'''

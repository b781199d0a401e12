//! The roles of servers for shards, shard after shard, with one for each number of a server.
ghost use Rattle.std.specs.Prelude.{◌≡◌, ◌<◌, ◌*◌, ℕ, IfOk, None, Some, length, slice_get, slice_index_or};
ghost use Rattle.sm_placement.specs.Sums.{put2};
ghost use Rattle.smpland_reopening.specs.Roles.{cell_by_role, role_by_cell};

use crate::choice::Choice;
use sm_server::{Cell, Role, ServerId, ShardId};
use std::alloc::{AllocError, Global};

/// Returns the role that a cell of a settled placement gives.
pub(crate) fn role_of(cell: &Cell) -> Option<Role>
    ensures { result ≡ role_by_cell cell.now }
{
    match cell {
        Cell::Primary => Some(Role::Primary),
        Cell::Secondary => Some(Role::Secondary),
        _ => None,
    }
}

/// Returns the cell of a role.
pub(crate) fn cell_of(role: Role) -> Cell
    ensures { result ≡ cell_by_role (Some role) }
{
    match role {
        Role::Primary => Cell::Primary,
        Role::Secondary => Cell::Secondary,
    }
}

/// Roles under the numbers of servers and shards.
#[derive(Drop)]
pub(crate) struct Roles {
    pub shards: u32,
    pub servers: u32,
    pub list: Vec<Option<Role>>,
    ghost full: { length list.items ≡ shards * servers },
}

impl Roles {
    ghost use Rattle.smpland_reopening.specs.Chosen.{given_too, role_assigned, role_given, roles_with};
    ghost use Rattle.smpland_reopening.specs.RoleGrids.{role_at};

    /// Returns no roles.
    pub fn none(alloc: Global, shards: u32, servers: u32) -> Result<Roles, AllocError>
        ensures shards { IfOk result (λ roles. roles.shards ≡ shards) }
        ensures servers { IfOk result (λ roles. roles.servers ≡ servers) }
        ensures nothing { IfOk result (λ roles. (s v : ℕ) → role_at roles s v ≡ None) }
    {
        Ok(Roles {
            shards,
            servers,
            list: vec![in alloc; None; shards as usize * servers as usize]?,
        })
    }

    /// Returns the role at a place of the list.
    fn at(&self, place: usize) -> Option<Role>
        ensures { result ≡ slice_index_or self.now.list.items place None }
    {
        match self.list.get(place) {
            Some(role) => *role,
            None => None,
        }
    }

    /// Returns the role of a server for a shard.
    pub fn get(&self, shard: u32, server: u32) -> Option<Role>
        ensures { result ≡ role_at self.now shard server }
    {
        if server >= self.servers {
            return None;
        }
        self.at(shard as usize * self.servers as usize + server as usize)
    }

    /// Gives a server a role for a shard, or none.
    pub fn set(&mut self, shard: u32, server: u32, role: Option<Role>)
        requires shard { shard < self.old.shards }
        requires server { server < self.old.servers }
        ensures roles { role_at self.new ≡ put2 (role_at self.old) shard server role }
        ensures shards { self.new.shards ≡ self.old.shards }
        ensures servers { self.new.servers ≡ self.old.servers }
    {
        let place = shard as usize * self.servers as usize + server as usize;
        self.list[place] = role;
    }

    /// Gives a server a role for a shard, or none, if both have numbers.
    pub fn assign(&mut self, shard: ShardId, server: ServerId, role: Option<Role>)
        ensures roles { (s v : ℕ) → s < self.old.shards → v < self.old.servers
            → role_at self.new s v ≡ role_assigned (role_at self.old) shard server role s v }
        ensures shards { self.new.shards ≡ self.old.shards }
        ensures servers { self.new.servers ≡ self.old.servers }
    {
        if shard.number() < self.shards && server.number() < self.servers {
            self.set(shard.number(), server.number(), role);
        }
    }

    /// Takes all roles of a shard away.
    fn clear(&mut self, shard: ShardId)
        ensures roles { (s v : ℕ) → s < self.old.shards → v < self.old.servers
            → role_at self.new s v ≡ roles_with (role_at self.old) (Some shard) (λ v. None) s v }
        ensures shards { self.new.shards ≡ self.old.shards }
        ensures servers { self.new.servers ≡ self.old.servers }
    {
        for number in 0..self.servers {
            self.assign(shard, ServerId::new(number), None);
        }
    }

    /// Gives a server, by a document's number, a role for a shard.
    fn give(&mut self, shard: ShardId, servers: &[ServerId], server: ServerId, role: Role)
        ensures roles { (s v : ℕ) → s < self.old.shards → v < self.old.servers
            → role_at self.new s v ≡ given_too (role_at self.old) shard (slice_get servers.now server) role s v }
        ensures shards { self.new.shards ≡ self.old.shards }
        ensures servers { self.new.servers ≡ self.old.servers }
    {
        if let Some(number) = servers.get(server.number() as usize) {
            self.assign(shard, *number, Some(role));
        }
    }

    /// Gives a shard these replicas, by a document's numbers of servers.
    fn fill(&mut self, shard: ShardId, servers: &[ServerId], replicas: &[(ServerId, Role)])
        ensures roles { (s v : ℕ) → s < self.old.shards → v < self.old.servers → role_at self.new s v
            ≡ roles_with (role_at self.old) (Some shard) (role_given servers.now replicas.now) s v }
        ensures shards { self.new.shards ≡ self.old.shards }
        ensures servers { self.new.servers ≡ self.old.servers }
    {
        self.clear(shard);
        for (server, role) in replicas {
            self.give(shard, servers, *server, *role);
        }
    }

    /// Gives a shard of a document other replicas, whose servers and shards have these numbers.
    pub fn choose(&mut self, choice: &Choice, shards: &[ShardId], servers: &[ServerId])
        ensures roles { (s v : ℕ) → s < self.old.shards → v < self.old.servers → role_at self.new s v
            ≡ roles_with (role_at self.old) (slice_get shards.now choice.now.shard)
            (role_given servers.now choice.now.replicas.items) s v }
        ensures shards { self.new.shards ≡ self.old.shards }
        ensures servers { self.new.servers ≡ self.old.servers }
    {
        if let Some(shard) = shards.get(choice.shard.number() as usize) {
            self.fill(*shard, servers, &choice.replicas);
        }
    }
}
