//! The shards, with their cells and their entries in the map: all, or one in a reply of its own.
ghost use Rattle.std.specs.Prelude.{◌≡◌, ◌<◌, ◌∷◌, ◌++◌, OnOk, codes, length};
ghost use Rattle.std.specs.List.{flat_map, range_with_len};
ghost use Rattle.json.specs.Token.{key};
ghost use Rattle.smpland_state.specs.Audit.{recorded_cell};
ghost use Rattle.smpland_state.specs.State.{cell_row, cell_row_members, cell_rows, shard_head, shard_state};
ghost use Rattle.smpland_state.specs.State.{shard_state_member, shard_state_members, shard_state_reply, shards_state};

use crate::cells::write_cell;
use crate::holders::write_listed;
use crate::journal_state::JournalState;
use crate::published::recorded_entry;
use sm_driver::Driver;
use sm_placement::{Config, Entry};
use sm_server::{Cell, ServerId, ShardId};
use smpland_lines::{
    BadLine, CommandMember, LinePart, Writer, server_name, shard_name, write_bad, write_number,
    write_text,
};
use std::alloc::{AllocError, Global};

/// Writes the members of what a server has of a shard.
fn write_cell_members(
    writer: &mut Writer,
    config: &Config,
    server: ServerId,
    cell: Cell,
) -> Result<(), AllocError>
    ensures { OnOk result (writer.new.tokens ≡ writer.old.tokens ++ cell_row_members config.now server cell) }
{
    write_text(writer, "server", server_name(config, server))?;
    write_cell(writer, config, "state", cell)?;
    Ok(())
}

/// Writes what a server has of a shard, unless it has nothing of it.
fn write_cell_row(
    writer: &mut Writer,
    config: &Config,
    server: ServerId,
    cell: Cell,
) -> Result<(), AllocError>
    ensures { OnOk result (writer.new.tokens ≡ writer.old.tokens ++ cell_row config.now server cell) }
{
    if !cell.is_absent() {
        writer.begin_object()?;
        write_cell_members(writer, config, server, cell)?;
        writer.end_object()?;
    }
    Ok(())
}

/// Writes what all servers have of a shard.
fn write_each_cell(
    opened: &JournalState,
    writer: &mut Writer,
    shard: ShardId,
) -> Result<(), AllocError>
    requires { shard < length opened.now.driver.machine.placement.setup.shards }
    ensures { OnOk result (writer.new.tokens ≡ writer.old.tokens
        ++ flat_map (λ v. cell_row opened.now.driver.machine.placement.setup v
        (recorded_cell opened.now.driver shard v))
        (range_with_len 0 (length opened.now.driver.machine.placement.setup.servers))) }
{
    let config = opened.driver.machine().config();
    for number in 0..config.server_count() {
        let server = ServerId::new(number);
        write_cell_row(writer, config, server, opened.driver.cell(shard, server))?;
    }
    Ok(())
}

/// Writes it, as a member.
fn write_cells(opened: &JournalState, writer: &mut Writer, shard: ShardId) -> Result<(), AllocError>
    requires { shard < length opened.now.driver.machine.placement.setup.shards }
    ensures { OnOk result (writer.new.tokens ≡ writer.old.tokens ++ cell_rows opened.now.driver shard) }
{
    writer.key("cells")?;
    writer.begin_array()?;
    write_each_cell(opened, writer, shard)?;
    writer.end_array()?;
    Ok(())
}

/// Writes a shard's numbers, and its entry in the map.
fn write_shard_head(
    writer: &mut Writer,
    driver: &Driver,
    shard: ShardId,
    live: u32,
    entry: Entry,
) -> Result<(), AllocError>
    requires { shard < length driver.now.machine.placement.setup.shards }
    ensures { OnOk result (writer.new.tokens ≡ writer.old.tokens ++ shard_head driver.now shard live entry) }
{
    let config = driver.machine().config();
    write_text(writer, "shard", shard_name(config, shard))?;
    write_number(writer, "load", config.load(shard))?;
    write_number(writer, "live", u64::from(live))?;
    write_number(writer, "floor", u64::from(config.floor(shard)))?;
    write_number(writer, "copies", u64::from(driver.copies(shard)))?;
    write_listed(writer, config, "listed", entry.server)?;
    write_number(writer, "version", entry.version)?;
    Ok(())
}

/// Writes the members of a shard.
fn write_shard_members(
    opened: &JournalState,
    writer: &mut Writer,
    shard: ShardId,
) -> Result<(), AllocError>
    requires { shard < length opened.now.driver.machine.placement.setup.shards }
    ensures { OnOk result (writer.new.tokens ≡ writer.old.tokens ++ shard_state_members opened.now.driver shard) }
{
    let live = opened.driver.machine().placement().live(shard);
    let entry = recorded_entry(&opened.driver, shard);
    write_shard_head(writer, &opened.driver, shard, live, entry)?;
    write_cells(opened, writer, shard)?;
    Ok(())
}

/// Writes a shard: its cells, and its entry in the map.
fn write_shard(opened: &JournalState, writer: &mut Writer, shard: ShardId) -> Result<(), AllocError>
    requires { shard < length opened.now.driver.machine.placement.setup.shards }
    ensures { OnOk result (writer.new.tokens ≡ writer.old.tokens ++ shard_state opened.now.driver shard) }
{
    writer.begin_object()?;
    write_shard_members(opened, writer, shard)?;
    writer.end_object()?;
    Ok(())
}

/// Writes all shards.
fn write_each_shard(opened: &JournalState, writer: &mut Writer) -> Result<(), AllocError>
    ensures { OnOk result (writer.new.tokens ≡ writer.old.tokens ++ flat_map (shard_state opened.now.driver)
        (range_with_len 0 (length opened.now.driver.machine.placement.setup.shards))) }
{
    for number in 0..opened.driver.machine().config().shard_count() {
        write_shard(opened, writer, ShardId::new(number))?;
    }
    Ok(())
}

/// Writes them, as a member.
pub fn write_shards(opened: &JournalState, writer: &mut Writer) -> Result<(), AllocError>
    ensures { OnOk result (writer.new.tokens ≡ writer.old.tokens ++ shards_state opened.now.driver) }
{
    writer.key("shards")?;
    writer.begin_array()?;
    write_each_shard(opened, writer)?;
    writer.end_array()?;
    Ok(())
}

/// Writes, as a member, a shard.
fn write_shard_member(
    opened: &JournalState,
    writer: &mut Writer,
    shard: ShardId,
) -> Result<(), AllocError>
    requires { shard < length opened.now.driver.machine.placement.setup.shards }
    ensures { OnOk result (writer.new.tokens
        ≡ writer.old.tokens ++ (key (codes "shard") ∷ shard_state opened.now.driver shard)) }
{
    writer.key("shard")?;
    write_shard(opened, writer, shard)?;
    Ok(())
}

/// Writes, as a member of a reply, the state of a shard.
fn write_shard_state(
    opened: &JournalState,
    writer: &mut Writer,
    shard: ShardId,
) -> Result<(), AllocError>
    requires { shard < length opened.now.driver.machine.placement.setup.shards }
    ensures { OnOk result (writer.new.tokens ≡ writer.old.tokens ++ shard_state_member opened.now.driver shard) }
{
    writer.key("state")?;
    writer.begin_object()?;
    write_shard_member(opened, writer, shard)?;
    writer.end_object()?;
    Ok(())
}

/// Writes, as a member of a reply, all that is recorded of the shard with a name.
pub fn write_shard_of(
    opened: &JournalState,
    alloc: Global,
    writer: &mut Writer,
    name: &str,
) -> Result<(), AllocError>
    ensures { OnOk result (writer.new.tokens ≡ writer.old.tokens ++ shard_state_reply opened.now.driver name.now) }
{
    match opened.driver.machine().config().shard_named(name) {
        Some(shard) => write_shard_state(opened, writer, shard),
        None => write_bad(
            writer,
            alloc,
            BadLine::UnknownName(LinePart::Line, CommandMember::Shard),
        ),
    }
}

'''

(Problem details) Select the lines from the entries that include the word "BadLine".

(Solution for this problem)
    BadLine, CommandMember, LinePart, Writer, server_name, shard_name, write_bad, write_number,
            BadLine::UnknownName(LinePart::Line, CommandMember::Shard),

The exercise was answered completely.